--- PROVIDED ENTRIES ---
▶

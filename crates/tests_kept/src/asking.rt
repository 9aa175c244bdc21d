// What is asked of an account by the rules of mail, and what it answers. A fault ends the test.
use account_book::{Ask, Book, Call, Out, Rules};
use jm_base::{Bytes, NoMemory, Numbers, Rows, Text};
use jm_json::{Invocation, Made, read, write};
use keep_port::{Keeper, Kept, MemoryKeeper};
use mail_records::Stamp;
use std::alloc::Global;
use std::process::Abort;

// What is asked. A method has its name and its arguments.
#[derive(Clone, Copy)]
pub(crate) enum Asking {
    Upload(&'static str),
    Blob(&'static str),
    States,
    Method(&'static str, &'static str),
}

// Ends the test.
pub(crate) fn stop<A: Abort>(rt: &A) -> ! {
    panic!(rt; "a call failed that must not")
}

// What was returned. An error ends the test.
pub(crate) fn sure<A: Abort, T: Drop, E: Drop>(rt: &A, returned: Result<T, E>) -> T {
    match returned {
        Ok(value) => value,
        Err(_) => stop(rt),
    }
}

// The content without base and rows.
pub(crate) fn nothing(alloc: Global) -> Kept {
    Kept {
        base: None,
        rows: Rows::new(alloc),
    }
}

// A keeper in memory of this content, whose call of `append` of this number fails; none where it
// is 0.
pub(crate) fn keeper<A: Abort>(rt: &A, alloc: Global, kept: Kept, fails: u64) -> MemoryKeeper {
    let mut appends = Numbers::new(alloc);
    sure(rt, appends.push(fails));
    let none = Numbers::new(alloc);
    MemoryKeeper::build_failing(alloc, kept, none, appends, Numbers::new(alloc))
}

// A book over a keeper.
pub(crate) fn started<A: Abort, K: Keeper, R: Rules>(
    rt: &A,
    alloc: Global,
    keeper: K,
    rules: R,
) -> Book<K, R> {
    match Book::start(alloc, keeper, rules) {
        Ok(book) => book,
        Err(_) => stop(rt),
    }
}

// The answer in words, where it is neither responses nor the bytes of a blob.
fn words(alloc: Global, out: &Out) -> Result<String, NoMemory> {
    match out {
        Out::Uploaded(number) => Ok(format!(in alloc; "{number}")?),
        Out::States {
            mailbox,
            email,
            thread,
        } => Ok(format!(in alloc; "{mailbox} {email} {thread}")?),
        Out::Full => Ok(String::from_str(alloc, "full")?),
        Out::Failed => Ok(String::from_str(alloc, "failed")?),
        _ => Ok(String::from_str(alloc, "none")?),
    }
}

// The arguments of the first response, the bytes of a blob, or what else is answered in words.
pub(crate) fn shown(alloc: Global, out: &Out) -> Result<Bytes, NoMemory> {
    match out {
        Out::Replies(replied) => match replied.responses.as_slice() {
            [first, ..] => write(alloc, &first.args),
            [] => Ok(Bytes::new(alloc)),
        },
        Out::Blob(Some(bytes)) => Ok(Bytes::from_slice(alloc, bytes.as_slice())?),
        _ => Ok(Bytes::from_vec(words(alloc, out)?.into_bytes())),
    }
}

// What is asked of the book, and its answer.
pub(crate) fn asked<A: Abort, K: Keeper, R: Rules>(
    rt: &A,
    alloc: Global,
    book: &mut Book<K, R>,
    ask: Ask,
) -> Bytes {
    let call = Call {
        ask,
        made: Made::new(alloc),
        read_only: false,
    };
    let done = sure(
        rt,
        book.perform(alloc, &call, Stamp { pass: 1, serial: 1 }, 0),
    );
    sure(rt, shown(alloc, &done.out))
}

// A method of this name, with arguments as they are written.
pub(crate) fn method<A: Abort>(rt: &A, alloc: Global, name: &str, args: &str) -> Ask {
    let args = sure(rt, read(alloc, args.as_bytes()));
    Ask::Method(Invocation {
        name: sure(rt, Text::from_str(alloc, name)),
        args,
        id: sure(rt, Text::from_str(alloc, "0")),
    })
}

fn ask_of<A: Abort>(rt: &A, alloc: Global, asking: Asking) -> Ask {
    match asking {
        Asking::Upload(bytes) => Ask::Upload(sure(rt, Bytes::from_slice(alloc, bytes.as_bytes()))),
        Asking::Blob(name) => Ask::Blob(sure(rt, Text::from_str(alloc, name))),
        Asking::States => Ask::States,
        Asking::Method(name, args) => method(rt, alloc, name, args),
    }
}

// The answer of the book.
pub(crate) fn answer_of<A: Abort, K: Keeper, R: Rules>(
    rt: &A,
    alloc: Global,
    book: &mut Book<K, R>,
    asking: Asking,
) -> Bytes {
    asked(rt, alloc, book, ask_of(rt, alloc, asking))
}

// Asks the book in turn, and ends the test where an answer is not the expected one.
pub(crate) fn expect_all<A: Abort, K: Keeper, R: Rules>(
    rt: &A,
    alloc: Global,
    book: &mut Book<K, R>,
    rows: &[(Asking, &'static str)],
) {
    for (asking, expected) in rows {
        let answer = answer_of(rt, alloc, book, *asking);
        assert!(rt; answer.as_slice() == expected.as_bytes(), "{expected}");
    }
}

// Asks a book over this keeper in turn, and returns how many entries it then has, and its keeper.
pub(crate) fn expect_over<A: Abort, K: Keeper, R: Rules>(
    rt: &A,
    alloc: Global,
    keeper: K,
    rules: R,
    rows: &[(Asking, &'static str)],
) -> (u64, K) {
    let mut book = started(rt, alloc, keeper, rules);
    expect_all(rt, alloc, &mut book, rows);
    let count = book.account().count();
    (count, book.end())
}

◀

--- WORK ITEM ---
Which lines in the material above include the string "shown"? Pull them out.

--- EXERCISE RESULT ---
pub(crate) fn shown(alloc: Global, out: &Out) -> Result<Bytes, NoMemory> {
    sure(rt, shown(alloc, &done.out))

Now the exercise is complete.